**ACTION ITEM**
Which lines in the records below contain the word "Prelude"? Return each of them.
┏━━
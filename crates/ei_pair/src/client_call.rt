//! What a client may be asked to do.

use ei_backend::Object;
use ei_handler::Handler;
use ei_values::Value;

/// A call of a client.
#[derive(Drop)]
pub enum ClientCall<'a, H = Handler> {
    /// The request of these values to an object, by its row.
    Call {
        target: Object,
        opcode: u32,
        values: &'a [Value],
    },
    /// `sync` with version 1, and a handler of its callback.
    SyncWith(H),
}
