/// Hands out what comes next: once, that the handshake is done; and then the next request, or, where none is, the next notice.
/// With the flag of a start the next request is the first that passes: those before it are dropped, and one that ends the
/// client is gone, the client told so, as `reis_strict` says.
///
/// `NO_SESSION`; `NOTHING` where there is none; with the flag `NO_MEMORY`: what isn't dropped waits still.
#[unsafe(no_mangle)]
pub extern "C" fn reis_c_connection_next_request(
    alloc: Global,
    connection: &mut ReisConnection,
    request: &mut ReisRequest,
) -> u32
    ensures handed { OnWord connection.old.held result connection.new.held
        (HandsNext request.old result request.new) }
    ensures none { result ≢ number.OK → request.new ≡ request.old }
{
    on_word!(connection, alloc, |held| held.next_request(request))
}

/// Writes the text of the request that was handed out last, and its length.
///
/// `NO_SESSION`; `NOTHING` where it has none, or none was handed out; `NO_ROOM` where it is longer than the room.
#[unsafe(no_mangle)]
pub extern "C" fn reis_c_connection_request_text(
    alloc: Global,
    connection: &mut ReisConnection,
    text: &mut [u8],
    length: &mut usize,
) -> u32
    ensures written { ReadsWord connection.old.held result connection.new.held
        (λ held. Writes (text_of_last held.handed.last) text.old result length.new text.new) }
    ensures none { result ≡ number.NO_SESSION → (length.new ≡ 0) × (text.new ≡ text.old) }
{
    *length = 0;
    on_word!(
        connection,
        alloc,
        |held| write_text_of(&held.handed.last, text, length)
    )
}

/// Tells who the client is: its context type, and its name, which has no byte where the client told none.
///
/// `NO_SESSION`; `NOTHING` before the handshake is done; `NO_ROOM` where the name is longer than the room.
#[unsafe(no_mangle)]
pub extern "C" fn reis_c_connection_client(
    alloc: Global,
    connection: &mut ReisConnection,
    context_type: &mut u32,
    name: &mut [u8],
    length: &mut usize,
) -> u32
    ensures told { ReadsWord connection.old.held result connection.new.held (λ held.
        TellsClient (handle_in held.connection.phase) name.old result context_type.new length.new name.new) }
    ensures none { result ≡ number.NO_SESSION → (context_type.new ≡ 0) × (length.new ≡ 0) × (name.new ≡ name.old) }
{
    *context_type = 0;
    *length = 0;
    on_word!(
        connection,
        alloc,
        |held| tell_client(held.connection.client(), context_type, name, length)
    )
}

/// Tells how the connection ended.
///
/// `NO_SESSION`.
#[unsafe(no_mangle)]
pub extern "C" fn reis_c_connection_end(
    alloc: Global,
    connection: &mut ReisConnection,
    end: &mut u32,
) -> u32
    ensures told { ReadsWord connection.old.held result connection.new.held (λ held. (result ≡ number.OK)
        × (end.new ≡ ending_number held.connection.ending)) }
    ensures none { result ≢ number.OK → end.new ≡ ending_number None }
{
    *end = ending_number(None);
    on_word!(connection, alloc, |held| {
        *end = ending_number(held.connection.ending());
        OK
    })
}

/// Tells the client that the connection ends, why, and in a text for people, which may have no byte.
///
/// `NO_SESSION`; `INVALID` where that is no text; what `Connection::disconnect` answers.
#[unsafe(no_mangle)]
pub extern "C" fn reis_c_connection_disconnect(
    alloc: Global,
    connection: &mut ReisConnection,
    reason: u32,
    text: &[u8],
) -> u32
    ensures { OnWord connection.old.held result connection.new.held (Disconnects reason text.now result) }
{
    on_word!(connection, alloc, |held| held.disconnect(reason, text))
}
┗━━
┏━━
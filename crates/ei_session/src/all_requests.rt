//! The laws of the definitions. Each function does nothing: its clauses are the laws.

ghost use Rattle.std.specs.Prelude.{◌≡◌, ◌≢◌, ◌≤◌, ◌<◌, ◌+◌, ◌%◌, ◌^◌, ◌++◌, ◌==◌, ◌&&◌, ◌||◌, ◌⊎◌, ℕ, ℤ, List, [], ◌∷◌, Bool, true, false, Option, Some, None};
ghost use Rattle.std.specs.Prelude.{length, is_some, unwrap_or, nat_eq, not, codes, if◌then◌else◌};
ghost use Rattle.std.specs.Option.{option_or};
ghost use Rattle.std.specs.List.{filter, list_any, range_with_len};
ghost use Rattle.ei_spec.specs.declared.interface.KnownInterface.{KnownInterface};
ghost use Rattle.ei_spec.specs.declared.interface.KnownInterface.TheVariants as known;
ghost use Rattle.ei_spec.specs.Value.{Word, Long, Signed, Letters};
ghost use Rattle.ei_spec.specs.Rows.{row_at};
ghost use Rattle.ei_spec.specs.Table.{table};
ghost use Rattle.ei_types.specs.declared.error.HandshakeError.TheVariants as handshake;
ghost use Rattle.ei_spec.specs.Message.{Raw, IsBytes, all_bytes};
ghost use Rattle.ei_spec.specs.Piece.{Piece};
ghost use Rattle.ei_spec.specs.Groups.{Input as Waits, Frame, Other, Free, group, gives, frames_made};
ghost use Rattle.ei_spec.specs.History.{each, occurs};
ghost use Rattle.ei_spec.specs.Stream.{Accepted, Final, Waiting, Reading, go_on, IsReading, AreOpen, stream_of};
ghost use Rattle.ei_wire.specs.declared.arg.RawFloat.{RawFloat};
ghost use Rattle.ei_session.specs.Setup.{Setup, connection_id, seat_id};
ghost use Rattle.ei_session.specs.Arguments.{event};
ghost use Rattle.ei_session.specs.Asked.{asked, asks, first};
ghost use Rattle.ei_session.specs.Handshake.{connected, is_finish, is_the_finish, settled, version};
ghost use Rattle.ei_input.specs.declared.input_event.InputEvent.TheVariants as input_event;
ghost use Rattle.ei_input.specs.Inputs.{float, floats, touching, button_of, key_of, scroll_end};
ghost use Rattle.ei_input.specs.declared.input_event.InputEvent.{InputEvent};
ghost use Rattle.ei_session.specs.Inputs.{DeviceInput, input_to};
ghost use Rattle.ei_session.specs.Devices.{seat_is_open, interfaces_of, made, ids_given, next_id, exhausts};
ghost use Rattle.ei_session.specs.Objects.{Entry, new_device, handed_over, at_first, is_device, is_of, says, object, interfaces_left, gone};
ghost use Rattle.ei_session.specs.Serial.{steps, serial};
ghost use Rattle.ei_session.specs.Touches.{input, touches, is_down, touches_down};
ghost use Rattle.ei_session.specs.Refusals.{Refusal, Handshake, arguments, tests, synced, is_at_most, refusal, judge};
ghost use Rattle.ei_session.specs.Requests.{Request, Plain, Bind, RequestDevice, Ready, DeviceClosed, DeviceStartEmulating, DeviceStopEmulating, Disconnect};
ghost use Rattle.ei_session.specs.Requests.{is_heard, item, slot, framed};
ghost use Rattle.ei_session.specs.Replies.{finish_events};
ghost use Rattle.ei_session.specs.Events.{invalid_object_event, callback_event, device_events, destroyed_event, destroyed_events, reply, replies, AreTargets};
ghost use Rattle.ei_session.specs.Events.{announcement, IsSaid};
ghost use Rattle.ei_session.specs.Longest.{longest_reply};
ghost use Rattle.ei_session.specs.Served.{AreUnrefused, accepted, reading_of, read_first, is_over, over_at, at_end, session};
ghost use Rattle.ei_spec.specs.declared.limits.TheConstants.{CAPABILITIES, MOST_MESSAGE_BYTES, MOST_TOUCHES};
┗━━
┏━━
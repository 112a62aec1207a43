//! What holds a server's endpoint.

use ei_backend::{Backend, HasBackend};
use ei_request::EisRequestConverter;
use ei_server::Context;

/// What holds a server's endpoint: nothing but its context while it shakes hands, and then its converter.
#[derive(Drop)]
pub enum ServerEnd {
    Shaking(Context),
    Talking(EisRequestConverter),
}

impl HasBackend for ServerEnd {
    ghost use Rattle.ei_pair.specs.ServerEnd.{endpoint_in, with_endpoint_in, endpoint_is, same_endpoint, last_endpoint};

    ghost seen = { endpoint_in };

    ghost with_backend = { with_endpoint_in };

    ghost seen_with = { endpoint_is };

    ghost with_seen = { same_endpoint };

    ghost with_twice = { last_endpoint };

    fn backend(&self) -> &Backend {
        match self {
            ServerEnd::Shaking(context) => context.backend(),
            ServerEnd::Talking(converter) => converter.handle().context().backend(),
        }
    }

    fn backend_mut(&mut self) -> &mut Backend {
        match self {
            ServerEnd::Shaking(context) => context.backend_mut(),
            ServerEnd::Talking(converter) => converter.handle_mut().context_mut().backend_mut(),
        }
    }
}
┗━━
**FINISHED EXERCISE**
ghost use Rattle.std.specs.Prelude.{◌≡◌, ◌≢◌, ◌≤◌, ◌<◌, ◌+◌, ◌%◌, ◌^◌, ◌++◌, ◌==◌, ◌&&◌, ◌||◌, ◌⊎◌, ℕ, ℤ, List, [], ◌∷◌, Bool, true, false, Option, Some, None};
ghost use Rattle.std.specs.Prelude.{length, is_some, unwrap_or, nat_eq, not, codes, if◌then◌else◌};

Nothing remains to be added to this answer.